◆ Your objective ◆
For the records below, print the lines from the line with "pub struct Law;" through the line with "T::Reply>> for Look" exactly as written; include both end lines and exclude the rest.

Stored data entries:

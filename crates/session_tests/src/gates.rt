//! A gate over the hub.
ghost use Rattle.std.specs.Prelude.{◌≡◌};

use ds_space::{PlainSpace, Space};
use hub_machine::{Fault, Reply, Step};
use lc_watch::{Behaves, Table, Watcher};
use out_ports::memory::{MemSink, MemSource};
use sr_pass::{Judge, NoNames};
use srv_session::{Seated, Served, ServedStep};
use srv_turns::{ReaderEnd, Turns, WriterEnd, serve_reader, serve_writer};
use std::alloc::{AllocError, Global};
use std::sync::Wait;
use std::test::Fail;
use turn_gate::Gate;

/// A turn that asserts `<Present "ann">`, and an observer of such assertions.
const TURN: [u8; 103] = [
    0xb5, 0xb5, 0xb0, 0x00, 0xb4, 0xb3, 0x01, 0x41, 0xb4, 0xb3, 0x07, 0x50, 0x72, 0x65, 0x73, 0x65,
    0x6e, 0x74, 0xb1, 0x03, 0x61, 0x6e, 0x6e, 0x84, 0xb0, 0x01, 0x01, 0x84, 0x84, 0xb5, 0xb0, 0x00,
    0xb4, 0xb3, 0x01, 0x41, 0xb4, 0xb3, 0x07, 0x4f, 0x62, 0x73, 0x65, 0x72, 0x76, 0x65, 0xb4, 0xb3,
    0x05, 0x67, 0x72, 0x6f, 0x75, 0x70, 0xb4, 0xb3, 0x03, 0x72, 0x65, 0x63, 0xb3, 0x07, 0x50, 0x72,
    0x65, 0x73, 0x65, 0x6e, 0x74, 0x84, 0xb7, 0xb0, 0x00, 0xb4, 0xb3, 0x04, 0x62, 0x69, 0x6e, 0x64,
    0xb4, 0xb3, 0x01, 0x5f, 0x84, 0x84, 0x84, 0x84, 0x86, 0xb5, 0xb0, 0x00, 0xb0, 0x01, 0x01, 0x84,
    0x84, 0xb0, 0x01, 0x02, 0x84, 0x84, 0x84,
];

/// `<error "bad bytes" [2 0]>`, as it is written.
const ERROR: [u8; 27] = [
    0xb4, 0xb3, 0x05, b'e', b'r', b'r', b'o', b'r', 0xb1, 0x09, b'b', b'a', b'd', b' ', b'b', b'y',
    b't', b'e', b's', 0xb5, 0xb0, 0x01, 0x02, 0xb0, 0x00, 0x84, 0x84,
];

/// Whether a connection that comes to the first dataspace is the first one, and a second gate call
/// finds it there when the gate is closed.
fn one_arrival<R: Wait>(rt: &R, alloc: Global) -> bool {
    let watcher = Watcher::new(Table);
    let Ok(served) = Served::<PlainSpace, NoNames, Watcher<Table>>::begin(alloc, NoNames, watcher)
    else {
        return false;
    };
    let Ok((gate, mut pass)) = Gate::begin(alloc, served, 1) else {
        return false;
    };
    let reply = gate.commit(rt, &mut pass, ServedStep::new(Step::Arrive(1)));
    let first = match reply {
        Ok(Reply::Opened(number)) => number == 1,
        _ => false,
    };
    match gate.close(pass) {
        Some(served) => first && served.hub.live(1),
        None => false,
    }
}

/// What can be read of a link with these bytes, whose takes of these numbers fail.
fn source(alloc: Global, bytes: &[u8], failing: &[u64]) -> Result<MemSource, AllocError> {
    let bytes = Vec::from_slice(alloc, bytes)?;
    Ok(MemSource::new(bytes, 64, Vec::from_slice(alloc, failing)?))
}

/// What can be written of a link with room for 100 bytes, whose puts of these numbers fail.
fn sink(alloc: Global, failing: &[u64]) -> Result<MemSink, AllocError> {
    let room = Vec::with_capacity(alloc, 100)?;
    Ok(MemSink::new(room, Vec::from_slice(alloc, failing)?))
}

/// How the sessions of a connection at the first dataspace end, the reader's and then the writer's.
fn sessions<R: Wait, S: Space + Drop, J: Judge + Drop, B: Behaves + Drop>(
    rt: &R,
    alloc: Global,
    judge: J,
    behaves: B,
    reads: &mut MemSource,
    writes: &mut MemSink,
) -> Option<(ReaderEnd, WriterEnd)> {
    let Ok(served) = Served::<S, J, B>::begin(alloc, judge, behaves) else {
        return None;
    };
    let Ok((gate, pass)) = Gate::begin(alloc, served, 1) else {
        return None;
    };
    let mut seat = Seated::new(&gate, pass);
    let opened = seat.commit(rt, Step::Arrive(1)).is_ok();
    let read = serve_reader(rt, alloc, 1, reads, &mut seat);
    let written = serve_writer(rt, alloc, 1, writes, &mut seat);
    if opened { Some((read, written)) } else { None }
}

/// Whether the sessions over a link with these bytes, these takes and these puts of which fail, end
/// so, and what is held is this.
fn ends<R: Wait>(
    rt: &R,
    alloc: Global,
    link: (&[u8], &[u64], &[u64]),
    ends: (ReaderEnd, WriterEnd),
    holds: &[u8],
) -> Result<bool, AllocError> {
    let mut reads = source(alloc, link.0, link.1)?;
    let mut writes = sink(alloc, link.2)?;
    let ended = sessions::<R, PlainSpace, NoNames, Watcher<Table>>(
        rt,
        alloc,
        NoNames,
        Watcher::new(Table),
        &mut reads,
        &mut writes,
    );
    Ok(ended == Some(ends) && writes.held() == holds && writes.finishes() == 1)
}

#[test]
fn bad_bytes_are_refused_and_told(rt: HostRuntime) -> Result<(), Fail> {
    let refused = ReaderEnd::Refused(Fault::BadBytes(2, 0));
    let link: (&[u8], &[u64], &[u64]) = (&[0], &[], &[]);
    assert!(rt; ends(&rt, rt.alloc(), link, (refused, WriterEnd::Ended), &ERROR)?);
    Ok(())
}

#[test]
fn a_failed_put_closes(rt: HostRuntime) -> Result<(), Fail> {
    let refused = ReaderEnd::Refused(Fault::BadBytes(2, 0));
    let link: (&[u8], &[u64], &[u64]) = (&[0], &[], &[0]);
    assert!(rt; ends(&rt, rt.alloc(), link, (refused, WriterEnd::WriteFault), &[])?);
    Ok(())
}

#[test]
fn a_whole_turn_ends_clean(rt: HostRuntime) -> Result<(), Fail> {
    let link: (&[u8], &[u64], &[u64]) = (&TURN, &[], &[]);
    assert!(rt;
        ends(
            &rt,
            rt.alloc(),
            link,
            (ReaderEnd::Clean, WriterEnd::Ended),
            &[]
        )?
    );
    Ok(())
}

#[test]
fn a_failed_take_closes(rt: HostRuntime) -> Result<(), Fail> {
    let link: (&[u8], &[u64], &[u64]) = (&TURN, &[1], &[]);
    assert!(rt;
        ends(
            &rt,
            rt.alloc(),
            link,
            (ReaderEnd::ReadFault, WriterEnd::Ended),
            &[]
        )?
    );
    Ok(())
}

#[test]
fn a_gate_holds_the_hub(rt: HostRuntime) -> Result<(), Fail> {
    assert!(rt; one_arrival(&rt, rt.alloc()));
    Ok(())
}
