//! Links that fail while they are written.
use crate::counted::Counts;
use crate::drip::Drip;
use crate::sessions::{sink, writer};
use ds_space::PlainSpace;
use lc_watch::{Table, Watcher};
use out_ports::memory::MemSink;
use sr_pass::NoNames;
use srv_turns::WriterEnd;
use std::alloc::{AllocError, Global};
use std::sync::Wait;
use std::test::Fail;

/// What the observer is told, `[[1 <A ["ann"] 3>]]`.
const TOLD: &[u8; 22] =
    b"\xb5\xb5\xb0\x01\x01\xb4\xb3\x01A\xb5\xb1\x03ann\x84\xb0\x01\x03\x84\x84\x84";

/// Whether a writer that puts a byte at a time, and whose puts of these numbers fail, ends so, with
/// so many closes of its own, and this was put.
fn ends_so<R: Wait>(
    rt: &R,
    alloc: Global,
    failing: &[u64],
    end: WriterEnd,
    closes: u64,
    holds: &[u8],
) -> Result<bool, AllocError> {
    let mut writes: Drip<MemSink> = Drip {
        sink: sink(alloc, failing)?,
    };
    let ended = writer::<R, PlainSpace, NoNames, Watcher<Table>, Drip<MemSink>>(
        rt,
        alloc,
        NoNames,
        Watcher::new(Table),
        &mut writes,
    );
    let counts = Counts {
        packets: 1,
        bads: 0,
        closes,
    };
    let told = ended == Some((end, counts));
    Ok(told && writes.sink.held() == holds && writes.sink.finishes() == 1)
}

/// How many puts, in turn, may fail and the writer end with one close, the bytes before them being
/// put.
fn failed_puts<R: Wait>(rt: &R, alloc: Global) -> Result<usize, AllocError> {
    for count in 0..TOLD.len() {
        let failing = [count as u64];
        let holds = &TOLD[..count];
        if !ends_so(rt, alloc, &failing, WriterEnd::WriteFault, 1, holds)? {
            return Ok(count);
        }
    }
    Ok(TOLD.len())
}

#[test]
fn each_put_may_fail(rt: HostRuntime) -> Result<(), Fail> {
    assert!(rt; failed_puts(&rt, rt.alloc())? == 22);
    assert!(rt; ends_so(&rt, rt.alloc(), &[], WriterEnd::Ended, 0, TOLD)?);
    Ok(())
}
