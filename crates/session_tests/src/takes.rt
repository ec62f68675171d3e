//! Links that end or fail while they are read.
use crate::counted::Counts;
use crate::sessions::{TURN, both, sink, source};
use ds_space::PlainSpace;
use lc_watch::{Table, Watcher};
use sr_pass::NoNames;
use srv_turns::{ReaderEnd, WriterEnd};
use std::alloc::{AllocError, Global};
use std::sync::Wait;
use std::test::Fail;

/// Whether sessions over a link with these bytes, which come so many at a take, end so where a take
/// fails or none does, with one close, so many turns done, and nothing put.
fn end_so<R: Wait>(
    rt: &R,
    alloc: Global,
    link: (&[u8], usize, &[u64]),
    end: ReaderEnd,
    packets: u64,
) -> Result<bool, AllocError> {
    let mut reads = source(alloc, link.0, link.1, link.2)?;
    let mut writes = sink(alloc, &[])?;
    let ended = both::<R, PlainSpace, NoNames, Watcher<Table>>(
        rt,
        alloc,
        NoNames,
        Watcher::new(Table),
        &mut reads,
        &mut writes,
    );
    let counts = Counts {
        packets,
        bads: 0,
        closes: 1,
    };
    let told = ended == Some((end, WriterEnd::Ended, counts));
    Ok(told && writes.held().is_empty() && writes.finishes() == 1)
}

/// How a reader of these bytes ends, and how many turns it does.
fn due(bytes: &[u8]) -> (ReaderEnd, u64) {
    match bytes.len() {
        0 => (ReaderEnd::Clean, 0),
        103 => (ReaderEnd::Clean, 1),
        _ => (ReaderEnd::Cut, 0),
    }
}

/// After how many bytes, in turn, a link may end and its sessions end as is due.
fn cuts<R: Wait>(rt: &R, alloc: Global, piece: usize) -> Result<usize, AllocError> {
    for count in 0..=TURN.len() {
        let bytes = &TURN[..count];
        let (end, packets) = due(bytes);
        if !end_so(rt, alloc, (bytes, piece, &[]), end, packets)? {
            return Ok(count);
        }
    }
    Ok(TURN.len() + 1)
}

#[test]
fn a_link_may_end_after_each_byte(rt: HostRuntime) -> Result<(), Fail> {
    for piece in [1, 64] {
        assert!(rt; cuts(&rt, rt.alloc(), piece)? == 104);
    }
    Ok(())
}

/// How many takes, in turn, may fail and its sessions end as is due: of so many the last would have
/// told the link's end, behind the whole turn.
fn failed_takes<R: Wait>(
    rt: &R,
    alloc: Global,
    piece: usize,
    takes: u64,
) -> Result<u64, AllocError> {
    for failing in 0..takes {
        let packets = if failing + 1 == takes { 1 } else { 0 };
        let link: (&[u8], usize, &[u64]) = (&TURN, piece, &[failing]);
        if !end_so(rt, alloc, link, ReaderEnd::ReadFault, packets)? {
            return Ok(failing);
        }
    }
    Ok(takes)
}

#[test]
fn each_take_may_fail(rt: HostRuntime) -> Result<(), Fail> {
    for (piece, takes) in [(1, 104), (10, 12), (64, 3), (103, 2)] {
        assert!(rt; failed_takes(&rt, rt.alloc(), piece, takes)? == takes);
    }
    Ok(())
}
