//! A sink that takes a byte at a put.
ghost use Rattle.std.specs.Prelude.{None};

use out_ports::ports::{Offered, Outgoing, Put, Sink};

/// Another sink, which gets a byte at a time.
#[derive(Drop)]
pub struct Drip<W> {
    pub sink: W,
}

impl<W: Sink> Sink for Drip<W> {
    ghost held = { λ _. None };

    ghost finishes = { λ s. W.finishes s.sink };

    ghost faults = { λ s. W.faults s.sink };

    fn faults(&self) -> u64 {
        self.sink.faults()
    }

    fn put(&mut self, piece: &[u8]) -> Put {
        self.sink.put(&piece[..1])
    }

    fn finish(&mut self) {
        self.sink.finish();
    }
}

impl<W: Outgoing> Outgoing for Drip<W> {
    fn offer(&mut self, piece: &[u8]) -> Offered {
        self.sink.offer(&piece[..1])
    }

    fn hurry(&mut self) {
        self.sink.hurry();
    }
}
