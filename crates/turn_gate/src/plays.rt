//! The rule of the table, and what each step on the table tells. These types are for the proofs
//! alone.
use crate::replayed::Replayed;
use crate::view::{Held, View};
use atomic_table::{Join, Play, Split, TableRule};
use std::snapshot::Snapshot;

pub struct Law;

impl<T: Replayed> TableRule<Held<T, T::Step>, View<T, T::Step, T::Reply>, Snapshot<T>> for Law {
    ghost use Rattle.turn_gate.specs.Table.{Kept, first_view};

    ghost holds = { λ opening s. Kept T.next opening.value s };

    ghost first = { λ opening. first_view opening.value };
}

/// The lock is taken, and the slot with it.
pub struct Take;

impl<T: Replayed> Play<Held<T, T::Step>, View<T, T::Step, T::Reply>> for Take {
    ghost use Rattle.turn_gate.specs.Table.{took};

    ghost then = { took T.next };
}

/// The next step is announced, and the slot stays with the pass.
pub struct Again;

impl<T: Replayed> Play<Held<T, T::Step>, View<T, T::Step, T::Reply>> for Again {
    ghost use Rattle.turn_gate.specs.Table.{again};

    ghost then = { λ st m r w. again st m w };
}

/// The step is noted.
pub struct Note;

impl<T: Replayed> Play<Held<T, T::Step>, View<T, T::Step, T::Reply>> for Note {
    ghost use Rattle.turn_gate.specs.Table.{noted};

    ghost then = { λ st m r w. noted T.next m w };
}

/// The slot is given back.
pub struct Give;

impl<T: Replayed> Play<Held<T, T::Step>, View<T, T::Step, T::Reply>> for Give {
    ghost use Rattle.turn_gate.specs.Table.{gave};

    ghost then = { λ st m r w. gave m w };
}

/// The number of steps is looked at.
pub struct Look;

impl<T: Replayed> Play<Held<T, T::Step>, View<T, T::Step, T::Reply>> for Look {
    ghost use Rattle.turn_gate.specs.Table.{looked};

    ghost then = { λ st m r w. looked m r w };
}

/// Two lists are found to begin one list.
pub struct Compare;

impl<T: Replayed> Play<Held<T, T::Step>, View<T, T::Step, T::Reply>> for Compare {
    ghost use Rattle.turn_gate.specs.Table.{compared};

    ghost then = { λ st m r w. compared m w };
}

/// A word changes of which the rule says nothing.
pub struct Touch;

impl<T: Replayed> Play<Held<T, T::Step>, View<T, T::Step, T::Reply>> for Touch {
    ghost use Rattle.std.specs.Prelude.{◌≡◌};

    ghost then = { λ st m r w. w ≡ m };
}

/// A seat is made that knows nothing, to change such a word.
pub struct Visit;

impl<T: Replayed> Play<Held<T, T::Step>, View<T, T::Step, T::Reply>> for Visit {
    ghost then = { λ st m r w. Unit {0} };
}

/// A pass is split from the first one, or joined into it.
pub struct Family;

impl<T, S, R> Split<View<T, S, R>> for Family {
    ghost use Rattle.turn_gate.specs.Table.{parent, child};

    ghost left = { parent };

    ghost right = { child };
}

impl<T, S, R> Join<View<T, S, R>> for Family {
    ghost use Rattle.turn_gate.specs.Table.{together, nobody};

    ghost both = { together };

    ghost spent = { nobody };
}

◆ Task response ◆
pub struct Law;

impl<T: Replayed> TableRule<Held<T, T::Step>, View<T, T::Step, T::Reply>, Snapshot<T>> for Law {
    ghost use Rattle.turn_gate.specs.Table.{Kept, first_view};

    ghost holds = { λ opening s. Kept T.next opening.value s };

    ghost first = { λ opening. first_view opening.value };
}

/// The lock is taken, and the slot with it.
pub struct Take;

impl<T: Replayed> Play<Held<T, T::Step>, View<T, T::Step, T::Reply>> for Take {
    ghost use Rattle.turn_gate.specs.Table.{took};

    ghost then = { took T.next };
}

/// The next step is announced, and the slot stays with the pass.
pub struct Again;

impl<T: Replayed> Play<Held<T, T::Step>, View<T, T::Step, T::Reply>> for Again {
    ghost use Rattle.turn_gate.specs.Table.{again};

    ghost then = { λ st m r w. again st m w };
}

/// The step is noted.
pub struct Note;

impl<T: Replayed> Play<Held<T, T::Step>, View<T, T::Step, T::Reply>> for Note {
    ghost use Rattle.turn_gate.specs.Table.{noted};

    ghost then = { λ st m r w. noted T.next m w };
}

/// The slot is given back.
pub struct Give;

impl<T: Replayed> Play<Held<T, T::Step>, View<T, T::Step, T::Reply>> for Give {
    ghost use Rattle.turn_gate.specs.Table.{gave};

    ghost then = { λ st m r w. gave m w };
}

/// The number of steps is looked at.
pub struct Look;

impl<T: Replayed> Play<Held<T, T::Step>, View<T, T::Step, T::Reply>> for Look {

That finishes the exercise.